**Activity:** All of the data below needs to be set down once more, exactly as written.

**Information:**
--
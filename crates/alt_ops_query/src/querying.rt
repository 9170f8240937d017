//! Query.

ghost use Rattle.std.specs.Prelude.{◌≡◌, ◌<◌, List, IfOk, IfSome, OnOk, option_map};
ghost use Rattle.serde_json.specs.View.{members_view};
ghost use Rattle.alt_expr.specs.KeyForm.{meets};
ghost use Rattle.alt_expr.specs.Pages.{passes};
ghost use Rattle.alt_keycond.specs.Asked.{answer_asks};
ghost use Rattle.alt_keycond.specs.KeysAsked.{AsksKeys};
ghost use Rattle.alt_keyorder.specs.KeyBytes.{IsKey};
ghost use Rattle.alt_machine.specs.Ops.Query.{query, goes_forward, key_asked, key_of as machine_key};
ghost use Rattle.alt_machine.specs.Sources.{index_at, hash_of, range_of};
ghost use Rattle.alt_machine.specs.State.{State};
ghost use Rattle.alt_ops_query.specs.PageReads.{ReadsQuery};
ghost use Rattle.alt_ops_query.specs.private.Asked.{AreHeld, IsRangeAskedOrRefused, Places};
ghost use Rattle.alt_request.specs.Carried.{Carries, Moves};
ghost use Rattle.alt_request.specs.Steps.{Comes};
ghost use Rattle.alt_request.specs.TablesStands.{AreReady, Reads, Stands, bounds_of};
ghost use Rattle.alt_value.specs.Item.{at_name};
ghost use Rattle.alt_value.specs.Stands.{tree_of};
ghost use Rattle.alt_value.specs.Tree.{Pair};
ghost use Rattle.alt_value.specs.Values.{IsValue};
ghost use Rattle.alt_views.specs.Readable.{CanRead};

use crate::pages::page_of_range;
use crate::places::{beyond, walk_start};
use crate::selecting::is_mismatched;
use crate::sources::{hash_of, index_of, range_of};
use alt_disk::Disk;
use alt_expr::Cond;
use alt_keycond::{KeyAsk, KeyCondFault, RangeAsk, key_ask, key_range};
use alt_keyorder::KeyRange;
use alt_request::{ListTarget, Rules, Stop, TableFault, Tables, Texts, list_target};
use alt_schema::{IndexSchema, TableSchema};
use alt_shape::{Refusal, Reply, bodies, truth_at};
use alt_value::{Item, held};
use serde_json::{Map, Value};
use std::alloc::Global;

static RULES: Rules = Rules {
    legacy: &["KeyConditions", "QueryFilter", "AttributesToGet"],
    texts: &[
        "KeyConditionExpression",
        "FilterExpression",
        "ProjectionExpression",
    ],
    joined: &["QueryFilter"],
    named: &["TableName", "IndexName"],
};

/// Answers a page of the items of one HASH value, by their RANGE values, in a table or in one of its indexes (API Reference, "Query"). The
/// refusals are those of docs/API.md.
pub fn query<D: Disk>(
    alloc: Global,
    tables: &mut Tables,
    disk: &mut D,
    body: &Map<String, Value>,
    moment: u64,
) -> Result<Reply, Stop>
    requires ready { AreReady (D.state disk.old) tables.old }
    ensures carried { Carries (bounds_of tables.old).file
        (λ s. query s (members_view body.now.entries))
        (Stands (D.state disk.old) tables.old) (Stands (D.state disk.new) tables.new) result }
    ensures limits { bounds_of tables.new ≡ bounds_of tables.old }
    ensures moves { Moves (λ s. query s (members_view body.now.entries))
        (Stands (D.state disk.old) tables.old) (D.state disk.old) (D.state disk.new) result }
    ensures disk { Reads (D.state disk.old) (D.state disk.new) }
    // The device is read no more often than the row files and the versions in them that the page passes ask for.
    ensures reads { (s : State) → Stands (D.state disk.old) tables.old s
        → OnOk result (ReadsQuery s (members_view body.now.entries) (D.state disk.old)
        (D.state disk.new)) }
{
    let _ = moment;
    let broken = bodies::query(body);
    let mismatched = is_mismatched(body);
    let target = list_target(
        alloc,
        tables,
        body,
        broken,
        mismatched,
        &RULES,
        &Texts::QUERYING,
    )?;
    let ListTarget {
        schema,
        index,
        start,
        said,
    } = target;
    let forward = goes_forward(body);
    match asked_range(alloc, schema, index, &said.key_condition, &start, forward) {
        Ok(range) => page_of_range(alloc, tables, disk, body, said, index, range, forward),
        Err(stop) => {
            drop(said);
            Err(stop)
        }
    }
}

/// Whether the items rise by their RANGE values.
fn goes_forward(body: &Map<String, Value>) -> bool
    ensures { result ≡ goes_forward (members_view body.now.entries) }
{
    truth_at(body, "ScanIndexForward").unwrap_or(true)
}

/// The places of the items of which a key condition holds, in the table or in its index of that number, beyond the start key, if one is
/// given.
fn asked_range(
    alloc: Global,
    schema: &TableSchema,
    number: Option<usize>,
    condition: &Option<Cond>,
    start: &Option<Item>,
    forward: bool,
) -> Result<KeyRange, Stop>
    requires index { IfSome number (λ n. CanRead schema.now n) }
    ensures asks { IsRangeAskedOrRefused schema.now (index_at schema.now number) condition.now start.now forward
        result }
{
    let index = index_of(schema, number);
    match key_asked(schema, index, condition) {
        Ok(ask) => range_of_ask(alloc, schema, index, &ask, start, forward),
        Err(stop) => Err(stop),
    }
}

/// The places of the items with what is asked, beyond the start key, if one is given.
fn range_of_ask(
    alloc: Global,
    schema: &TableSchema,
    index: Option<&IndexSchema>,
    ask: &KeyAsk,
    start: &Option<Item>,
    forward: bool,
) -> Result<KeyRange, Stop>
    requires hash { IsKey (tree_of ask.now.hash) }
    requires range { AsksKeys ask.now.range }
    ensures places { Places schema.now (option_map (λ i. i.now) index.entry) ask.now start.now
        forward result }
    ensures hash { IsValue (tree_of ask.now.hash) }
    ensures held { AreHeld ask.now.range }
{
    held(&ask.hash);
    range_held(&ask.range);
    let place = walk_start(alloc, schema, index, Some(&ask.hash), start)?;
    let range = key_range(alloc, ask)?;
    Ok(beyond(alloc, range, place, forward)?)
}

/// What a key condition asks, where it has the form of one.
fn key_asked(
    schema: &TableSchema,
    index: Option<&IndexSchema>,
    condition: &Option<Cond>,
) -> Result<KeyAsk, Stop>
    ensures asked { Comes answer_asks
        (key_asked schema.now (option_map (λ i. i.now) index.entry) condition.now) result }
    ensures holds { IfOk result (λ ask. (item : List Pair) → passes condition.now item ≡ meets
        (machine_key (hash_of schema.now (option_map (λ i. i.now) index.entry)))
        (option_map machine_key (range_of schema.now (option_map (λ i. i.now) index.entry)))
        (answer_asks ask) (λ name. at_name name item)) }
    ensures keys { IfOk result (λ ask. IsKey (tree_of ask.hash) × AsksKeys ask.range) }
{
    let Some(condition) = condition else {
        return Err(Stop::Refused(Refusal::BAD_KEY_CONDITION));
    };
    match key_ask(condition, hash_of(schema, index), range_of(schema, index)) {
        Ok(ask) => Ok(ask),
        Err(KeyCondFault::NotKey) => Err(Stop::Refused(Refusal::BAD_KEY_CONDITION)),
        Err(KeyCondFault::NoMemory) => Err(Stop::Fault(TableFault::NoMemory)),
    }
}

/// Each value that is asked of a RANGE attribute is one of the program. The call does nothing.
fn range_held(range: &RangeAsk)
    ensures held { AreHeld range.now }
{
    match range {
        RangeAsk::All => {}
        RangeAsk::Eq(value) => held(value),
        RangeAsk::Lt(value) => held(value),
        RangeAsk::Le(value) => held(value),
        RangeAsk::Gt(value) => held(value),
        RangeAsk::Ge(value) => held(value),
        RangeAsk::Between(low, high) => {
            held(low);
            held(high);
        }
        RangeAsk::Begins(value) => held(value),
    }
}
--
**Written answer:**
filename crates/alt_ops_query/src/querying.rt
repository 9170f8240937d017
//! Query.

ghost use Rattle.std.specs.Prelude.{◌≡◌, ◌<◌, List, IfOk, IfSome, OnOk, option_map};
ghost use Rattle.serde_json.specs.View.{members_view};
ghost use Rattle.alt_expr.specs.KeyForm.{meets};
ghost use Rattle.alt_expr.specs.Pages.{passes};
ghost use Rattle.alt_keycond.specs.Asked.{answer_asks};
ghost use Rattle.alt_keycond.specs.KeysAsked.{AsksKeys};
ghost use Rattle.alt_keyorder.specs.KeyBytes.{IsKey};
ghost use Rattle.alt_machine.specs.Ops.Query.{query, goes_forward, key_asked, key_of as machine_key};
ghost use Rattle.alt_machine.specs.Sources.{index_at, hash_of, range_of};
ghost use Rattle.alt_machine.specs.State.{State};
ghost use Rattle.alt_ops_query.specs.PageReads.{ReadsQuery};
ghost use Rattle.alt_ops_query.specs.private.Asked.{AreHeld, IsRangeAskedOrRefused, Places};
ghost use Rattle.alt_request.specs.Carried.{Carries, Moves};
ghost use Rattle.alt_request.specs.Steps.{Comes};
ghost use Rattle.alt_request.specs.TablesStands.{AreReady, Reads, Stands, bounds_of};
ghost use Rattle.alt_value.specs.Item.{at_name};
ghost use Rattle.alt_value.specs.Stands.{tree_of};
ghost use Rattle.alt_value.specs.Tree.{Pair};
ghost use Rattle.alt_value.specs.Values.{IsValue};
ghost use Rattle.alt_views.specs.Readable.{CanRead};

use crate::pages::page_of_range;
use crate::places::{beyond, walk_start};
use crate::selecting::is_mismatched;
use crate::sources::{hash_of, index_of, range_of};
use alt_disk::Disk;
use alt_expr::Cond;
use alt_keycond::{KeyAsk, KeyCondFault, RangeAsk, key_ask, key_range};
use alt_keyorder::KeyRange;
use alt_request::{ListTarget, Rules, Stop, TableFault, Tables, Texts, list_target};
use alt_schema::{IndexSchema, TableSchema};
use alt_shape::{Refusal, Reply, bodies, truth_at};
use alt_value::{Item, held};
use serde_json::{Map, Value};
use std::alloc::Global;

static RULES: Rules = Rules {
    legacy: &["KeyConditions", "QueryFilter", "AttributesToGet"],
    texts: &[
        "KeyConditionExpression",
        "FilterExpression",
        "ProjectionExpression",
    ],
    joined: &["QueryFilter"],
    named: &["TableName", "IndexName"],
};

/// Answers a page of the items of one HASH value, by their RANGE values, in a table or in one of its indexes (API Reference, "Query"). The
/// refusals are those of docs/API.md.
pub fn query<D: Disk>(
    alloc: Global,
    tables: &mut Tables,
    disk: &mut D,
    body: &Map<String, Value>,
    moment: u64,
) -> Result<Reply, Stop>
    requires ready { AreReady (D.state disk.old) tables.old }
    ensures carried { Carries (bounds_of tables.old).file
        (λ s. query s (members_view body.now.entries))
        (Stands (D.state disk.old) tables.old) (Stands (D.state disk.new) tables.new) result }
    ensures limits { bounds_of tables.new ≡ bounds_of tables.old }
    ensures moves { Moves (λ s. query s (members_view body.now.entries))
        (Stands (D.state disk.old) tables.old) (D.state disk.old) (D.state disk.new) result }
    ensures disk { Reads (D.state disk.old) (D.state disk.new) }
    // The device is read no more often than the row files and the versions in them that the page passes ask for.
    ensures reads { (s : State) → Stands (D.state disk.old) tables.old s
        → OnOk result (ReadsQuery s (members_view body.now.entries) (D.state disk.old)
        (D.state disk.new)) }
{
    let _ = moment;
    let broken = bodies::query(body);
    let mismatched = is_mismatched(body);
    let target = list_target(
        alloc,
        tables,
        body,
        broken,
        mismatched,
        &RULES,
        &Texts::QUERYING,
    )?;
    let ListTarget {
        schema,
        index,
        start,
        said,
    } = target;
    let forward = goes_forward(body);
    match asked_range(alloc, schema, index, &said.key_condition, &start, forward) {
        Ok(range) => page_of_range(alloc, tables, disk, body, said, index, range, forward),
        Err(stop) => {
            drop(said);
            Err(stop)
        }
    }
}

/// Whether the items rise by their RANGE values.
fn goes_forward(body: &Map<String, Value>) -> bool
    ensures { result ≡ goes_forward (members_view body.now.entries) }
{
    truth_at(body, "ScanIndexForward").unwrap_or(true)
}

/// The places of the items of which a key condition holds, in the table or in its index of that number, beyond the start key, if one is
/// given.
fn asked_range(
    alloc: Global,
    schema: &TableSchema,
    number: Option<usize>,
    condition: &Option<Cond>,
    start: &Option<Item>,
    forward: bool,
) -> Result<KeyRange, Stop>
    requires index { IfSome number (λ n. CanRead schema.now n) }
    ensures asks { IsRangeAskedOrRefused schema.now (index_at schema.now number) condition.now start.now forward
        result }
{
    let index = index_of(schema, number);
    match key_asked(schema, index, condition) {
        Ok(ask) => range_of_ask(alloc, schema, index, &ask, start, forward),
        Err(stop) => Err(stop),
    }
}

/// The places of the items with what is asked, beyond the start key, if one is given.
fn range_of_ask(
    alloc: Global,
    schema: &TableSchema,
    index: Option<&IndexSchema>,
    ask: &KeyAsk,
    start: &Option<Item>,
    forward: bool,
) -> Result<KeyRange, Stop>
    requires hash { IsKey (tree_of ask.now.hash) }
    requires range { AsksKeys ask.now.range }
    ensures places { Places schema.now (option_map (λ i. i.now) index.entry) ask.now start.now
        forward result }
    ensures hash { IsValue (tree_of ask.now.hash) }
    ensures held { AreHeld ask.now.range }
{
    held(&ask.hash);
    range_held(&ask.range);
    let place = walk_start(alloc, schema, index, Some(&ask.hash), start)?;
    let range = key_range(alloc, ask)?;
    Ok(beyond(alloc, range, place, forward)?)
}

/// What a key condition asks, where it has the form of one.
fn key_asked(
    schema: &TableSchema,
    index: Option<&IndexSchema>,
    condition: &Option<Cond>,
) -> Result<KeyAsk, Stop>
    ensures asked { Comes answer_asks
        (key_asked schema.now (option_map (λ i. i.now) index.entry) condition.now) result }
    ensures holds { IfOk result (λ ask. (item : List Pair) → passes condition.now item ≡ meets
        (machine_key (hash_of schema.now (option_map (λ i. i.now) index.entry)))
        (option_map machine_key (range_of schema.now (option_map (λ i. i.now) index.entry)))
        (answer_asks ask) (λ name. at_name name item)) }
    ensures keys { IfOk result (λ ask. IsKey (tree_of ask.hash) × AsksKeys ask.range) }
{
    let Some(condition) = condition else {
        return Err(Stop::Refused(Refusal::BAD_KEY_CONDITION));
    };
    match key_ask(condition, hash_of(schema, index), range_of(schema, index)) {
        Ok(ask) => Ok(ask),
        Err(KeyCondFault::NotKey) => Err(Stop::Refused(Refusal::BAD_KEY_CONDITION)),
        Err(KeyCondFault::NoMemory) => Err(Stop::Fault(TableFault::NoMemory)),
    }
}

/// Each value that is asked of a RANGE attribute is one of the program. The call does nothing.
fn range_held(range: &RangeAsk)
    ensures held { AreHeld range.now }
{
    match range {
        RangeAsk::All => {}
        RangeAsk::Eq(value) => held(value),
        RangeAsk::Lt(value) => held(value),
        RangeAsk::Le(value) => held(value),
        RangeAsk::Gt(value) => held(value),
        RangeAsk::Ge(value) => held(value),
        RangeAsk::Between(low, high) => {
            held(low);
            held(high);
        }
        RangeAsk::Begins(value) => held(value),
    }
}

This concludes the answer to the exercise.